### The data:
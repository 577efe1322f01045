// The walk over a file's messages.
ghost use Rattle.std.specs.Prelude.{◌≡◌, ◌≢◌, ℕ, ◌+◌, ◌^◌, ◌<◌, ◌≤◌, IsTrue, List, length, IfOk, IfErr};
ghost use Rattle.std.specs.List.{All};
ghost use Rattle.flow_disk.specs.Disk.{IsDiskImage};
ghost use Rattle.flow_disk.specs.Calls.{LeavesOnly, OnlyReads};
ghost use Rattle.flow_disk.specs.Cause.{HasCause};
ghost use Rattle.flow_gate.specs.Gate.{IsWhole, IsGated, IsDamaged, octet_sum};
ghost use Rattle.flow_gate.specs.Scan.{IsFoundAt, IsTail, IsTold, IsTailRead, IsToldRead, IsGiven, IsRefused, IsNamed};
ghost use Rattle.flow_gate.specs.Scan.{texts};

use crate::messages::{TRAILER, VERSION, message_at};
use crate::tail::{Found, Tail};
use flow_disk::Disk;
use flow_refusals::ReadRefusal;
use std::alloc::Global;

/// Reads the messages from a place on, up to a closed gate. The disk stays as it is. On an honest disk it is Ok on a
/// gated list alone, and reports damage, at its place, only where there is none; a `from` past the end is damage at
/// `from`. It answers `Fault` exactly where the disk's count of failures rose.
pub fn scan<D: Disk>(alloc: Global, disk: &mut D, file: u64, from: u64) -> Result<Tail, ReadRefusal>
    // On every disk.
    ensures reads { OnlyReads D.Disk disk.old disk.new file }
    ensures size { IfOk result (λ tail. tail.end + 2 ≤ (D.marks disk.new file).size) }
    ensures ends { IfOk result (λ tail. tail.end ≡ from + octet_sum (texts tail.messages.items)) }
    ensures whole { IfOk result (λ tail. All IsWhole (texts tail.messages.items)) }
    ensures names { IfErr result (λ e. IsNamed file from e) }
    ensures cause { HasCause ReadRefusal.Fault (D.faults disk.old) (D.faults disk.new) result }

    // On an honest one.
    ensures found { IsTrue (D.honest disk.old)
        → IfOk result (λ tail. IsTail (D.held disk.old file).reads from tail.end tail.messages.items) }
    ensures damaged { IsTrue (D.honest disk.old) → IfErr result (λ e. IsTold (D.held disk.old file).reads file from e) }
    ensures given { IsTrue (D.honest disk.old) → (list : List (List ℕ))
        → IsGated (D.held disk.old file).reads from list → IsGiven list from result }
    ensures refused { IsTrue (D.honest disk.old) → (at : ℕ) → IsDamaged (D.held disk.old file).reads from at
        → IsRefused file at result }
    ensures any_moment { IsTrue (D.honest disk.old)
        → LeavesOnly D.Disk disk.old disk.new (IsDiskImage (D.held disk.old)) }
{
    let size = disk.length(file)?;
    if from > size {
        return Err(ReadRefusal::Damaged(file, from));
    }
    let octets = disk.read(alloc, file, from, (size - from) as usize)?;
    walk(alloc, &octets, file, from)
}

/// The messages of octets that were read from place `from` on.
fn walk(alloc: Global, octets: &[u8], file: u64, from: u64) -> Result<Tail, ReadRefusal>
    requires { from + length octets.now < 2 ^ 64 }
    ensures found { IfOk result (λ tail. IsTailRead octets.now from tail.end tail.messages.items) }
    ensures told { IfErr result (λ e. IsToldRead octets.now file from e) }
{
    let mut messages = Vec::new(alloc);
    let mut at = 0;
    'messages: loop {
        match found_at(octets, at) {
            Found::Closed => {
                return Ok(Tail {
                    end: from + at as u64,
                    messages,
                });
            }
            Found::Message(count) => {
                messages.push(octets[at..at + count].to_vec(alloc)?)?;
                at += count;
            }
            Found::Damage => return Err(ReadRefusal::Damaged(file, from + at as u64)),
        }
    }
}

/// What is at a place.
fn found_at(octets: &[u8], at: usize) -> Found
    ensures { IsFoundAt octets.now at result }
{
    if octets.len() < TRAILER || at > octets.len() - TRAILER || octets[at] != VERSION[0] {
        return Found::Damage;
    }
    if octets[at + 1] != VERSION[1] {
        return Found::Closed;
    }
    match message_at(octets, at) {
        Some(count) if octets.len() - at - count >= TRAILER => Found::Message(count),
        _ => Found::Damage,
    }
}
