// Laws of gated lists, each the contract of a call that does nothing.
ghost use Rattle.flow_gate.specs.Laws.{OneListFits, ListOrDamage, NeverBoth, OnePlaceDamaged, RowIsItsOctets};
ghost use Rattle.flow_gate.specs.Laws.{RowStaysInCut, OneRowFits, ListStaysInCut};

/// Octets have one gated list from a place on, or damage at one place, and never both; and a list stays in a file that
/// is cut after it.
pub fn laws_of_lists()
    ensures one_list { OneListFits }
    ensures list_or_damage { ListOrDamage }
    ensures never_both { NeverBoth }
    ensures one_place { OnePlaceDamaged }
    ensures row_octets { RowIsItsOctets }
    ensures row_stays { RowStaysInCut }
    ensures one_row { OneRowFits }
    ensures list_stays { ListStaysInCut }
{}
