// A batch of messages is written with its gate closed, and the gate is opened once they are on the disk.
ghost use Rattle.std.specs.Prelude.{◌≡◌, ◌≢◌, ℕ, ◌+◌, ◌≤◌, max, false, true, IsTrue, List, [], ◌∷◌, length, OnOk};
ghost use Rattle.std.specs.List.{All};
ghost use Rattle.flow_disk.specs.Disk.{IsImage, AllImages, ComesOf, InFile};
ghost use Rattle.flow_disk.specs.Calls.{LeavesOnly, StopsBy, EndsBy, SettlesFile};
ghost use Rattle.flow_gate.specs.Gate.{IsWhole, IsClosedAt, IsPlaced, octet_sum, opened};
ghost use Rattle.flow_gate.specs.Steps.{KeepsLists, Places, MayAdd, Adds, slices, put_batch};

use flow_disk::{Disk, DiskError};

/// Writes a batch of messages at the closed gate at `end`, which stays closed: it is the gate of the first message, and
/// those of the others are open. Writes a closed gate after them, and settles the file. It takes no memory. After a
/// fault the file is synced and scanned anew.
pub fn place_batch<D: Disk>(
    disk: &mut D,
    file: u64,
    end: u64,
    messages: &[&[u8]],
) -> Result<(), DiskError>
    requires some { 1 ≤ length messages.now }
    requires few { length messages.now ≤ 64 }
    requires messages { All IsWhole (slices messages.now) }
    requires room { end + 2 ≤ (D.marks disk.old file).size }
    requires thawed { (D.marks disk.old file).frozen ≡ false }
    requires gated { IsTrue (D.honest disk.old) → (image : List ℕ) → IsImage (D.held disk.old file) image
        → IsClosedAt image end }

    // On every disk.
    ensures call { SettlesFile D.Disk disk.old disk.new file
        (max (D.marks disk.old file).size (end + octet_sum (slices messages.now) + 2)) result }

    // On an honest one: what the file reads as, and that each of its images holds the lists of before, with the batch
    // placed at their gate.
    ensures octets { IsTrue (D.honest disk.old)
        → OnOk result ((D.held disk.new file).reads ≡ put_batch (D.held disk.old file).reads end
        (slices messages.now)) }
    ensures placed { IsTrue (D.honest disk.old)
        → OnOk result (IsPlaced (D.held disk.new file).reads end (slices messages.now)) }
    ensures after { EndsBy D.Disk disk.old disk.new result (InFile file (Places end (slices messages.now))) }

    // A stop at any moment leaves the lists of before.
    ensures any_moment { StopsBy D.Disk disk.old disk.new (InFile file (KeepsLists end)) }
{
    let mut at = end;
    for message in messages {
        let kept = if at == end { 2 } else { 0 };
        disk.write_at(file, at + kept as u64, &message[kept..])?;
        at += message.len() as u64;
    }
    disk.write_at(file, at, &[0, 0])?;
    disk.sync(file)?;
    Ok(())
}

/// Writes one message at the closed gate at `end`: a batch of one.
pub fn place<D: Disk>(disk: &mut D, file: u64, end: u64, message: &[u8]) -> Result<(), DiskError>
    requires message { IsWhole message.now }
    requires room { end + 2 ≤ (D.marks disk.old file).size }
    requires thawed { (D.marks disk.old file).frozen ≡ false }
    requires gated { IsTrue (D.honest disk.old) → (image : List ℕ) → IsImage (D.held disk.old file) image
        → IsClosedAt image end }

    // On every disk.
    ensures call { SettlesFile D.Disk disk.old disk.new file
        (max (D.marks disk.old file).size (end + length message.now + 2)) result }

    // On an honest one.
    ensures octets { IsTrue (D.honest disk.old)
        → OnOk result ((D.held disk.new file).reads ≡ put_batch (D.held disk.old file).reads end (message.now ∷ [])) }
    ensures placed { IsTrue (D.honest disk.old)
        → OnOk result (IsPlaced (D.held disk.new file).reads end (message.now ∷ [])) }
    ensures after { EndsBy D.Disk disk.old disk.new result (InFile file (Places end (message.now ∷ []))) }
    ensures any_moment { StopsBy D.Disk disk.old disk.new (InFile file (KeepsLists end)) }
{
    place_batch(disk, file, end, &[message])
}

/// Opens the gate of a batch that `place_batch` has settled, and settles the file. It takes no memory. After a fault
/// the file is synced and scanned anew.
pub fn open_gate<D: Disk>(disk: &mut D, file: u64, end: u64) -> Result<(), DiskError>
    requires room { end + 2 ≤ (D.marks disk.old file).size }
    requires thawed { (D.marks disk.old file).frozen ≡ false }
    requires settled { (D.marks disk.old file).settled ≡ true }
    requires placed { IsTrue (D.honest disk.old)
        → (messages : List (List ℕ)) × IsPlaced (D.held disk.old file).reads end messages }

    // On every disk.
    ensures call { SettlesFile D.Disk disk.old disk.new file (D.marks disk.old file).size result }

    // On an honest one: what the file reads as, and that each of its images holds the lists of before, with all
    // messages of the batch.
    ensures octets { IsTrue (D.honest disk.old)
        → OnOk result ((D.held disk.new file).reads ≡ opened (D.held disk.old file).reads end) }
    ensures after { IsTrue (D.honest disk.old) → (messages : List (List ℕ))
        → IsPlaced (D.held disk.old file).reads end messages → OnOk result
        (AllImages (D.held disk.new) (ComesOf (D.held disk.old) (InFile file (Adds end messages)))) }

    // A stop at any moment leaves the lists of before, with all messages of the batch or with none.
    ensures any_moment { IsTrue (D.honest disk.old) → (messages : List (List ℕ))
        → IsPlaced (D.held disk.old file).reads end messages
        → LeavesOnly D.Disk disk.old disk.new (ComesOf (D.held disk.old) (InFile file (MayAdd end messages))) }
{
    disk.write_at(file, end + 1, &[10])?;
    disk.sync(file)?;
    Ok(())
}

### Task to carry out:
Take the entries above and return only the lines from the one with "use flow_disk::Disk;" to the one with "OnlyReads D.Disk disk.old", both included, unchanged.

### Task solution:
use flow_disk::Disk;
use flow_refusals::ReadRefusal;
use std::alloc::Global;

/// Reads the messages from a place on, up to a closed gate. The disk stays as it is. On an honest disk it is Ok on a
/// gated list alone, and reports damage, at its place, only where there is none; a `from` past the end is damage at
/// `from`. It answers `Fault` exactly where the disk's count of failures rose.
pub fn scan<D: Disk>(alloc: Global, disk: &mut D, file: u64, from: u64) -> Result<Tail, ReadRefusal>
    // On every disk.
    ensures reads { OnlyReads D.Disk disk.old disk.new file }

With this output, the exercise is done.